*** Begin section ***

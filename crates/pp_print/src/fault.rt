//! The lines on faults of sources.

ghost use Rattle.std.specs.Prelude.{◌≡◌, IfOk, string_bytes};
ghost use Rattle.pp_print.specs.Faults as spec;

use crate::check::push_place;
use pp_prog::Place;
use pp_text::NoMemory;
use std::alloc::Global;

/// What is wrong at a place of a source where no name is told.
#[derive(Clone, Copy, Debug, PartialEq, Eq)]
pub enum SourceFault {
    /// A character that begins no token.
    BadCharacter,
    /// A number that isn't one.
    BadNumber,
    /// A comment that doesn't end.
    OpenComment,
    /// Tokens that spell no unit.
    Syntax,
    /// A tree that is too high.
    TooDeep,
}

/// What is wrong with a name at a place of a source.
#[derive(Clone, Copy, Debug, PartialEq, Eq)]
pub enum NamedFault {
    /// A word that the language leaves out.
    Unsupported,
    /// A name that nothing declares.
    Unknown,
    /// A name that is declared twice, or can't be declared.
    Duplicate,
    /// A type that isn't the wanted one.
    Mismatch,
    /// Too many or too few arguments.
    Arity,
    /// Type arguments that nothing tells.
    CannotInfer,
    /// A type without a finite value.
    Uninhabited,
    /// A condition that isn't Boolean.
    NotABoolean,
    /// A list that is longer than it may be.
    OverLimit,
    /// A recursive function without a measure.
    NoMeasure,
    /// A measure that can't be compared in its group.
    MeasureShape,
    /// A contract that calls into the function's own group.
    ContractCycle,
}

fn source_word(fault: SourceFault) -> &'static str
    ensures { result.now ≡ spec.source_word fault }
{
    match fault {
        SourceFault::BadCharacter => "bad character",
        SourceFault::BadNumber => "bad number",
        SourceFault::OpenComment => "open comment",
        SourceFault::Syntax => "syntax",
        SourceFault::TooDeep => "too deep",
    }
}

fn named_word(fault: NamedFault) -> &'static str
    ensures { result.now ≡ spec.named_word fault }
{
    match fault {
        NamedFault::Unsupported => "unsupported",
        NamedFault::Unknown => "unknown",
        NamedFault::Duplicate => "duplicate",
        NamedFault::Mismatch => "mismatch",
        NamedFault::Arity => "arity",
        NamedFault::CannotInfer => "cannot infer",
        NamedFault::Uninhabited => "uninhabited",
        NamedFault::NotABoolean => "not a boolean",
        NamedFault::OverLimit => "over limit",
        NamedFault::NoMeasure => "no measure",
        NamedFault::MeasureShape => "measure shape",
        NamedFault::ContractCycle => "contract cycle",
    }
}

/// The line `refused: FAULT at S:L:C`. The only error is want of memory.
pub fn source_fault_line(
    alloc: Global,
    fault: SourceFault,
    place: Place,
) -> Result<String, NoMemory>
    ensures { IfOk result (λ s. string_bytes s ≡ spec.source_fault_text fault place) }
{
    let word = source_word(fault);
    let mut out = format!(in alloc; "refused: {word} at ")?;
    push_place(&mut out, place)?;
    out.push_str("\n")?;
    Ok(out)
}

/// The line `refused: FAULT NAME at S:L:C`. The only error is want of memory.
pub fn named_fault_line(
    alloc: Global,
    fault: NamedFault,
    name: &str,
    place: Place,
) -> Result<String, NoMemory>
    ensures { IfOk result (λ s. string_bytes s ≡ spec.named_fault_text fault name.now place) }
{
    let word = named_word(fault);
    let mut out = format!(in alloc; "refused: {word} {name} at ")?;
    push_place(&mut out, place)?;
    out.push_str("\n")?;
    Ok(out)
}

/// The line of sources that have more than 512 instances. It takes no memory.
pub fn too_many_instances_line() -> &'static str
    ensures { result.now ≡ spec.too_many_instances_text }
{
    "refused: too many instances\n"
}
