//! The lines on a run.

ghost use Rattle.std.specs.Prelude.{◌≡◌, IfOk, string_bytes};
ghost use Rattle.pp_print.specs.Runs.{deep_text, done_text, fails_text, inner_text, outside_text};

use crate::check::push_check;
use crate::value::push_value;
use pp_prog::{CheckKind, Ctor, Place, Value};
use pp_text::NoMemory;
use std::alloc::Global;

/// The line `NAME = V` of a run that ends with a value. The only error is want of memory.
pub fn done_line(
    alloc: Global,
    ctors: &[Ctor],
    name: &str,
    value: &Value,
) -> Result<String, NoMemory>
    ensures { IfOk result (λ s. string_bytes s ≡ done_text ctors.now name.now value.now) }
{
    let mut out = format!(in alloc; "{name} = ")?;
    push_value(alloc, &mut out, ctors, value)?;
    out.push_str("\n")?;
    Ok(out)
}

/// The line `NAME fails KIND at S:L:C` of a run that fails a check of the function itself. The only error is want of
/// memory.
pub fn fails_line(
    alloc: Global,
    name: &str,
    kind: CheckKind,
    place: Place,
) -> Result<String, NoMemory>
    ensures { IfOk result (λ s. string_bytes s ≡ fails_text name.now kind place) }
{
    let mut out = format!(in alloc; "{name} fails ")?;
    push_check(&mut out, kind, place)?;
    out.push_str("\n")?;
    Ok(out)
}

/// The line `NAME fails inside OTHER, KIND at S:L:C` of a run in which a called function fails a check of its own. The
/// only error is want of memory.
pub fn inner_line(
    alloc: Global,
    name: &str,
    other: &str,
    kind: CheckKind,
    place: Place,
) -> Result<String, NoMemory>
    ensures { IfOk result (λ s. string_bytes s ≡ inner_text name.now other.now kind place) }
{
    let mut out = format!(in alloc; "{name} fails inside {other}, ")?;
    push_check(&mut out, kind, place)?;
    out.push_str("\n")?;
    Ok(out)
}

/// The line of a run whose precondition is false. The only error is want of memory.
pub fn outside_line(alloc: Global, name: &str) -> Result<String, NoMemory>
    ensures { IfOk result (λ s. string_bytes s ≡ outside_text name.now) }
{
    format!(in alloc; "{name} is outside its precondition\n")
}

/// The line of a run that nests more calls than the fuel allows. The only error is want of memory.
pub fn deep_line(alloc: Global, name: &str, fuel: u32) -> Result<String, NoMemory>
    ensures { IfOk result (λ s. string_bytes s ≡ deep_text name.now fuel) }
{
    format!(in alloc; "{name} needs more than {fuel} nested calls\n")
}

*** End section ***

## THE TASK
Line by line, the listing above is to be transcribed exactly.

## OUTPUT FOR THIS TASK
filename crates/pp_print/src/fault.rt
//! The lines on faults of sources.

ghost use Rattle.std.specs.Prelude.{◌≡◌, IfOk, string_bytes};
ghost use Rattle.pp_print.specs.Faults as spec;

use crate::check::push_place;
use pp_prog::Place;
use pp_text::NoMemory;
use std::alloc::Global;

/// What is wrong at a place of a source where no name is told.
#[derive(Clone, Copy, Debug, PartialEq, Eq)]
pub enum SourceFault {
    /// A character that begins no token.
    BadCharacter,
    /// A number that isn't one.
    BadNumber,
    /// A comment that doesn't end.
    OpenComment,
    /// Tokens that spell no unit.
    Syntax,
    /// A tree that is too high.
    TooDeep,
}

/// What is wrong with a name at a place of a source.
#[derive(Clone, Copy, Debug, PartialEq, Eq)]
pub enum NamedFault {
    /// A word that the language leaves out.
    Unsupported,
    /// A name that nothing declares.
    Unknown,
    /// A name that is declared twice, or can't be declared.
    Duplicate,
    /// A type that isn't the wanted one.
    Mismatch,
    /// Too many or too few arguments.
    Arity,
    /// Type arguments that nothing tells.
    CannotInfer,
    /// A type without a finite value.
    Uninhabited,
    /// A condition that isn't Boolean.
    NotABoolean,
    /// A list that is longer than it may be.
    OverLimit,
    /// A recursive function without a measure.
    NoMeasure,
    /// A measure that can't be compared in its group.
    MeasureShape,
    /// A contract that calls into the function's own group.
    ContractCycle,
}

fn source_word(fault: SourceFault) -> &'static str
    ensures { result.now ≡ spec.source_word fault }
{
    match fault {
        SourceFault::BadCharacter => "bad character",
        SourceFault::BadNumber => "bad number",
        SourceFault::OpenComment => "open comment",
        SourceFault::Syntax => "syntax",
        SourceFault::TooDeep => "too deep",
    }
}

fn named_word(fault: NamedFault) -> &'static str
    ensures { result.now ≡ spec.named_word fault }
{
    match fault {
        NamedFault::Unsupported => "unsupported",
        NamedFault::Unknown => "unknown",
        NamedFault::Duplicate => "duplicate",
        NamedFault::Mismatch => "mismatch",
        NamedFault::Arity => "arity",
        NamedFault::CannotInfer => "cannot infer",
        NamedFault::Uninhabited => "uninhabited",
        NamedFault::NotABoolean => "not a boolean",
        NamedFault::OverLimit => "over limit",
        NamedFault::NoMeasure => "no measure",
        NamedFault::MeasureShape => "measure shape",
        NamedFault::ContractCycle => "contract cycle",
    }
}

/// The line `refused: FAULT at S:L:C`. The only error is want of memory.
pub fn source_fault_line(
    alloc: Global,
    fault: SourceFault,
    place: Place,
) -> Result<String, NoMemory>
    ensures { IfOk result (λ s. string_bytes s ≡ spec.source_fault_text fault place) }
{
    let word = source_word(fault);
    let mut out = format!(in alloc; "refused: {word} at ")?;
    push_place(&mut out, place)?;
    out.push_str("\n")?;
    Ok(out)
}

/// The line `refused: FAULT NAME at S:L:C`. The only error is want of memory.
pub fn named_fault_line(
    alloc: Global,
    fault: NamedFault,
    name: &str,
    place: Place,
) -> Result<String, NoMemory>
    ensures { IfOk result (λ s. string_bytes s ≡ spec.named_fault_text fault name.now place) }
{
    let word = named_word(fault);
    let mut out = format!(in alloc; "refused: {word} {name} at ")?;
    push_place(&mut out, place)?;
    out.push_str("\n")?;
    Ok(out)
}

/// The line of sources that have more than 512 instances. It takes no memory.
pub fn too_many_instances_line() -> &'static str
    ensures { result.now ≡ spec.too_many_instances_text }
{
    "refused: too many instances\n"
}
//! The lines on a run.

ghost use Rattle.std.specs.Prelude.{◌≡◌, IfOk, string_bytes};
ghost use Rattle.pp_print.specs.Runs.{deep_text, done_text, fails_text, inner_text, outside_text};

use crate::check::push_check;
use crate::value::push_value;
use pp_prog::{CheckKind, Ctor, Place, Value};
use pp_text::NoMemory;
use std::alloc::Global;

/// The line `NAME = V` of a run that ends with a value. The only error is want of memory.
pub fn done_line(
    alloc: Global,
    ctors: &[Ctor],
    name: &str,
    value: &Value,
) -> Result<String, NoMemory>
    ensures { IfOk result (λ s. string_bytes s ≡ done_text ctors.now name.now value.now) }
{
    let mut out = format!(in alloc; "{name} = ")?;
    push_value(alloc, &mut out, ctors, value)?;
    out.push_str("\n")?;
    Ok(out)
}

/// The line `NAME fails KIND at S:L:C` of a run that fails a check of the function itself. The only error is want of
/// memory.
pub fn fails_line(
    alloc: Global,
    name: &str,
    kind: CheckKind,
    place: Place,
) -> Result<String, NoMemory>
    ensures { IfOk result (λ s. string_bytes s ≡ fails_text name.now kind place) }
{
    let mut out = format!(in alloc; "{name} fails ")?;
    push_check(&mut out, kind, place)?;
    out.push_str("\n")?;
    Ok(out)
}

/// The line `NAME fails inside OTHER, KIND at S:L:C` of a run in which a called function fails a check of its own. The
/// only error is want of memory.
pub fn inner_line(
    alloc: Global,
    name: &str,
    other: &str,
    kind: CheckKind,
    place: Place,
) -> Result<String, NoMemory>
    ensures { IfOk result (λ s. string_bytes s ≡ inner_text name.now other.now kind place) }
{
    let mut out = format!(in alloc; "{name} fails inside {other}, ")?;
    push_check(&mut out, kind, place)?;
    out.push_str("\n")?;
    Ok(out)
}

/// The line of a run whose precondition is false. The only error is want of memory.
pub fn outside_line(alloc: Global, name: &str) -> Result<String, NoMemory>
    ensures { IfOk result (λ s. string_bytes s ≡ outside_text name.now) }
{
    format!(in alloc; "{name} is outside its precondition\n")
}

/// The line of a run that nests more calls than the fuel allows. The only error is want of memory.
pub fn deep_line(alloc: Global, name: &str, fuel: u32) -> Result<String, NoMemory>
    ensures { IfOk result (λ s. string_bytes s ≡ deep_text name.now fuel) }
{
    format!(in alloc; "{name} needs more than {fuel} nested calls\n")
}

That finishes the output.